Ask HN: What's the most beautiful code written in Python you have ever seen? - pedrodelfino
======
git-pull
SQLAlchemy:

[https://github.com/zzzeek/sqlalchemy](https://github.com/zzzeek/sqlalchemy)

[http://docs.sqlalchemy.org/en/latest/](http://docs.sqlalchemy.org/en/latest/)

[https://www.youtube.com/watch?v=vunIDi9Z-_8](https://www.youtube.com/watch?v=vunIDi9Z-_8)
( _Introduction to SQLAlchemy_ , 2014, 2:52:50)

[http://www.aosabook.org/en/sqlalchemy.html](http://www.aosabook.org/en/sqlalchemy.html)
(Overview in _The Architecture of Open Source Applications_ )

------
sharmi
This was back in 2005-2006. I was working with a guy who loves to code.

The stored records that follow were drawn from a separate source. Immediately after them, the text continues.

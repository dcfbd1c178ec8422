//! Reads a small grammar, and the parts of one token.

use crate::texts::tokens_of;
use cob_base::{Text, Word};
use cob_tree::Number;
use cobol_lex::LexError;
use parser_combinators::example::{Fault, Step, read};
use parser_combinators::{Cursor, NameKind, Note, Position, Unread, Why};
use std::alloc::Global;
use std::process::Abort;
use std::test::Fail;

/// A step as it is to be.
#[derive(Clone, Copy)]
enum Wanted {
    Show(&'static [u8]),
    Go(usize),
    Repeat,
    End,
}

fn is_step(step: &Step, wanted: Wanted) -> bool {
    match wanted {
        Wanted::Show(wanted) => match step {
            Step::Show(values) => values.as_slice() == wanted,
            _ => false,
        },
        Wanted::Go(wanted) => match step {
            Step::Go(index) => *index == wanted,
            _ => false,
        },
        Wanted::Repeat => matches!(step, Step::Repeat),
        Wanted::End => matches!(step, Step::End),
    }
}

fn are_steps(steps: &[Step], wanted: &[Wanted]) -> bool {
    for (step, wanted) in steps.iter().zip(wanted.iter()) {
        if !is_step(step, *wanted) {
            return false;
        }
    }
    steps.len() == wanted.len()
}

// Whether a text is read as these steps, where the names are A and B.
fn is_read(alloc: Global, text: &str, names: &[Word], wanted: &[Wanted]) -> Result<bool, LexError> {
    let tokens = tokens_of(alloc, text)?;
    match read(alloc, names, tokens.as_slice()) {
        Ok(steps) => Ok(are_steps(steps.as_slice(), wanted)),
        Err(_) => Ok(false),
    }
}

// The fault of a text, if it has one.
fn fault_of(alloc: Global, text: &str, names: &[Word]) -> Result<Option<Fault>, LexError> {
    let tokens = tokens_of(alloc, text)?;
    match read(alloc, names, tokens.as_slice()) {
        Ok(_) => Ok(None),
        Err(fault) => Ok(Some(fault)),
    }
}

const UNKNOWN_FIRST: Fault = Fault::Name(Note {
    kind: NameKind::Unknown,
    position: Position { index: 1, line: 1 },
});

const UNKNOWN_SECOND: Fault = Fault::Name(Note {
    kind: NameKind::Unknown,
    position: Position { index: 2, line: 1 },
});

const READ: [(&str, &[Wanted]); 9] = [
    // a keyword and a list of one or more
    ("SHOW 7 .", &[Wanted::Show(&[7])]),
    ("SHOW 7 8 ( 9 ) .", &[Wanted::Show(&[7, 8, 9])]),
    // a loop that passes a value on, grouped to the left
    ("SHOW 9 - 5 - 1 .", &[Wanted::Show(&[3])]),
    ("SHOW 9 - ( 5 - 1 ) 2 .", &[Wanted::Show(&[5, 2])]),
    // levels of parentheses
    ("SHOW ( ( 4 ) ) .", &[Wanted::Show(&[4])]),
    // an optional word, and names
    ("GO TO B GO A .", &[Wanted::Go(1), Wanted::Go(0)]),
    // levels of orders, and an optional end
    (
        "REPEAT SHOW 1 GO A END-REPEAT GO B .",
        &[
            Wanted::Repeat,
            Wanted::Show(&[1]),
            Wanted::Go(0),
            Wanted::End,
            Wanted::Go(1),
        ],
    ),
    (
        "REPEAT REPEAT GO A .",
        &[
            Wanted::Repeat,
            Wanted::Repeat,
            Wanted::Go(0),
            Wanted::End,
            Wanted::End,
        ],
    ),
    (
        "REPEAT REPEAT GO A END-REPEAT GO B .",
        &[
            Wanted::Repeat,
            Wanted::Repeat,
            Wanted::Go(0),
            Wanted::End,
            Wanted::Go(1),
            Wanted::End,
        ],
    ),
];

const STOPPED: [(&str, Fault); 16] = [
    // a keyword and a list of one or more
    ("SHOW\n.", Fault::Stop(Why::Syntax, 2)),
    ("SHOW 1\nSHOW", Fault::Stop(Why::Syntax, 2)),
    ("show 1", Fault::Stop(Why::Syntax, 1)),
    ("SHOW 12 .", Fault::Stop(Why::Syntax, 1)),
    // a loop that passes a value on, grouped to the left
    ("SHOW 9 -\n- 1 .", Fault::Stop(Why::Syntax, 2)),
    // levels of parentheses
    ("SHOW ( (\n( 4 ) ) ) .", Fault::Stop(Why::Parens, 2)),
    ("SHOW ( 4\n.", Fault::Stop(Why::Syntax, 2)),
    // an optional word, and names
    ("GO C\nGO D .", UNKNOWN_FIRST),
    ("GO TO TO\n.", UNKNOWN_SECOND),
    ("GO C\nSHOW .", Fault::Stop(Why::Syntax, 2)),
    ("GO 1 .", Fault::Stop(Why::Syntax, 1)),
    // a choice by the next token
    ("A .", Fault::Stop(Why::Syntax, 1)),
    ("", Fault::Stop(Why::Syntax, 1)),
    // levels of orders, and an optional end
    ("REPEAT REPEAT\nREPEAT GO A .", Fault::Stop(Why::Nesting, 2)),
    ("SHOW 1\nEND-REPEAT .", Fault::Stop(Why::Syntax, 2)),
    // nothing after the end
    ("SHOW 1 .\nGO A .", Fault::Stop(Why::Syntax, 2)),
];

fn name(text: &[u8]) -> Result<Word, Fail> {
    Ok(Word::new(text).ok_or("no word")?)
}

#[test]
fn reads_the_small_grammar(rt: HostRuntime) -> Result<(), Fail> {
    let names = [name(b"A")?, name(b"B")?];
    for (text, steps) in READ {
        assert!(rt; is_read(rt.alloc(), text, &names, steps)?, "at {text}");
    }
    for (text, fault) in STOPPED {
        assert_eq!(rt;
            fault_of(rt.alloc(), text, &names)?,
            Some(fault),
            "at {text}"
        );
    }
    Ok(())
}

fn is_text(read: Result<(Text, Position), Unread>, bytes: &[u8], at: Position) -> bool {
    match read {
        Ok((text, position)) => text.as_slice() == bytes && position == at,
        Err(_) => false,
    }
}

fn is_number(read: Result<(Number, Position), Unread>, digits: &[u8], at: Position) -> bool {
    match read {
        Ok((number, position)) => {
            let is_scaled = number.negative && number.scale == 1;
            is_scaled && number.digits.as_slice() == digits && position == at
        }
        Err(_) => false,
    }
}

const THIRD: Position = Position { index: 2, line: 3 };

const FIFTH: Position = Position { index: 4, line: 3 };

// Two faults that are noted, and the one that is kept: the first in the order of tokens counts, and
// at one token the first kind.
const NOTES: [(NameKind, Position, NameKind, Position); 5] = [
    (NameKind::Value, FIFTH, NameKind::Value, FIFTH),
    (NameKind::Usage, THIRD, NameKind::Usage, THIRD),
    (NameKind::Level, THIRD, NameKind::Level, THIRD),
    (NameKind::Picture, THIRD, NameKind::Level, THIRD),
    (NameKind::Unknown, FIFTH, NameKind::Level, THIRD),
];

fn expect_first_notes(rt: &impl Abort, cursor: &mut Cursor) {
    for (kind, position, first, at) in NOTES {
        cursor.note(Some(Note { kind, position }));
        let wanted = Note {
            kind: first,
            position: at,
        };
        assert_eq!(rt; cursor.fault(), Some(wanted));
    }
}

#[test]
fn takes_each_kind_of_token(rt: HostRuntime) -> Result<(), Fail> {
    let alloc = rt.alloc();
    let tokens = tokens_of(alloc, "12\n.\n'a b' PIC 9(2) -1.5")?;
    let mut cursor = Cursor::from_index(tokens.as_slice(), 0);
    assert_eq!(rt; (cursor.index(), cursor.left()), (0, 6));
    let first = Position { index: 0, line: 1 };
    assert!(rt; is_text(cursor.digits(alloc), b"12", first));
    assert_eq!(rt; cursor.sees_period(), true);
    assert_eq!(rt; cursor.period(), Ok(Position { index: 1, line: 2 }));
    assert!(rt; is_text(cursor.literal(alloc), b"a b", THIRD));
    assert_eq!(rt; cursor.sees(b"PIC"), true);
    cursor.skip();
    assert!(rt; is_text(cursor.picture(alloc), b"9(2)", FIFTH));
    let last = Position { index: 5, line: 3 };
    assert!(rt; is_number(cursor.decimal(alloc), b"15", last));
    assert_eq!(rt; cursor.ended(), Ok(()));
    expect_first_notes(&rt, &mut cursor);
    Ok(())
}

His
favorite way to spend the weekend was to figure out ways to make our services
more robust and optimized. He had one major disadvantage.

His forgetfulness was legendary. He could barely remember what happened in the
morning or what code he wrote. He made this his strength by writing the
cleanest and well-structured code I have ever seen. So, not only him, but
anyone, without any prior knowledge, can jump into the code at any point in
time and immediately understand the flow and be productive. Obviously, it
helps that the code was in Python, but being in python by itself does not a
great code make.

------
navbaker
I once programmed a complete chess board in four lines of code:

>import chess

>import chess.svg

>board = chess.Board()

>board

I'm pretty sure I'm a genius.

------
RUG3Y
I've said this in other threads recently - The Flask source code is really
awesome and reading helped me learn Python better.

------
tcbawo
I've enjoyed reading a lot of Peter Norvig's python code. There is his Lisp
implemention ([http://norvig.com/lispy.html](http://norvig.com/lispy.html)).
He also created a spell checker that was an informative and interesting read.

------
svisser
Earlier thread:
[https://news.ycombinator.com/item?id=9896369](https://news.ycombinator.com/item?id=9896369)

------
teapot01
Go to python repl

> import this